Salt in Africa as in Europe is a domestic superstition. A Jewess, one morning, in bidding adieu to her friends, put her fingers into a salt-cellar, and took from it a large pinch of salt, which her friend told me afterwards was to preserve her from the evil one. Salt is also used for a similar important purpose, when, during the night, a person is obliged to pass from one room into another in the dark. It would be an entertaining task to collect the manifold superstitions in different parts of the world, respecting this essential ingredient of human food.

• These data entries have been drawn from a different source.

//! How far a primitive is turned by degrees.
ghost use Rattle.std.specs.Prelude.{◌≡◌, ◌<◌, IfOk};
ghost use Rattle.aperture_macros.specs.Degrees as spec;

use crate::fault::MacroFault;
use crate::primitive::Rotation;
use crate::values::coordinate;
use lengths::decimal::{Decimal, Unit};

// In 10^-7 degrees.
const QUARTER_TURN: u64 = 900_000_000;

const THREE_TURNS: i64 = 10_800_000_000;

/// A turn counterclockwise: so many quarter turns, and then `rest`, in 10^-7 degrees, which is less than one.
#[derive(Clone, Copy)]
pub struct Turn {
    pub quarters: Rotation,
    pub rest: u32,
}

/// The turn that a rotation says, in degrees: each term a whole number of 10^-7 degrees, and at most 1,000 degrees from 0, as
/// is the sum.
#[tactic(auto, unfolding(crate::specs::Degrees::turn_at))]
pub fn read_turn(text: &[u8], parameters: &[Decimal]) -> Result<Turn, MacroFault>
    ensures value { result ≡ spec.turn_at text.now parameters.now }
    ensures below { IfOk result (λ turn. turn.rest < 900000000) }
{
    let angle = coordinate(text, parameters, Unit::Mm)?;
    let turns = (angle + THREE_TURNS).unsigned_abs();
    Ok(Turn {
        quarters: quarter_turns(turns / QUARTER_TURN % 4),
        rest: (turns % QUARTER_TURN) as u32,
    })
}

fn quarter_turns(n: u64) -> Rotation
    ensures { result ≡ spec.quarter_turns n }
{
    if n == 0 {
        Rotation::Unturned
    } else if n == 1 {
        Rotation::Quarter
    } else if n == 2 {
        Rotation::Half
    } else {
        Rotation::ThreeQuarters
    }
}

The habit of drinking white brandy, stimulates the immorality of this Maroquine society. The Jews are the great factors of this acqua ardiente, its Spanish and general name. Government frequently severely punishes them for making it; but they still persevere in producing this incentive to intoxication and crime. In all parts of the world, the most degraded classes are the factors of the means of vice for the higher orders of society. Moors drink it under protest, that it is not the juice of the grape. On the Sabbath, the Jewish families are all flushed, excited, and tormented by this evil spirit; but when the highest enjoyments of intellect are denied to men, they must and will seek the lower and beastly gratifications.

Friend Cohen came in one afternoon, and related several anecdotes of the Maroquine Court. When Dr. Brown was attending the Sultan, the Vizier managed to get hold of his cocked hat, and placing it upon his head, strutted about in the royal gardens. Whilst performing this feat before several attendants, the Sultan suddenly made his appearance in the midst of them. The minister seeing him, fell down in a fright and a fit. His Imperial Highness beckoned to the minister in such woful plight, to pacify himself, and put his cloak before his mouth to prevent any one from seeing him laugh at the minister, which he did most immoderately.

Cohen, who is a quack, was once consulted on a case of the harem. Cohen pleaded ignorance, God had not given him the wit; he could do nothing for the patient of his Imperial Highness. This was very politic of Cohen, for another quack, a Moor, had just been consulted, and had had his head taken off, for not being successful in the remedies he prescribed. There would not be quite so much medicine administered among us, weak, cracky, crazy mortals, in this cold damp clime, if such an alternative was proposed to our practitioners.

40 The predecessor of Muley Abd Errahman.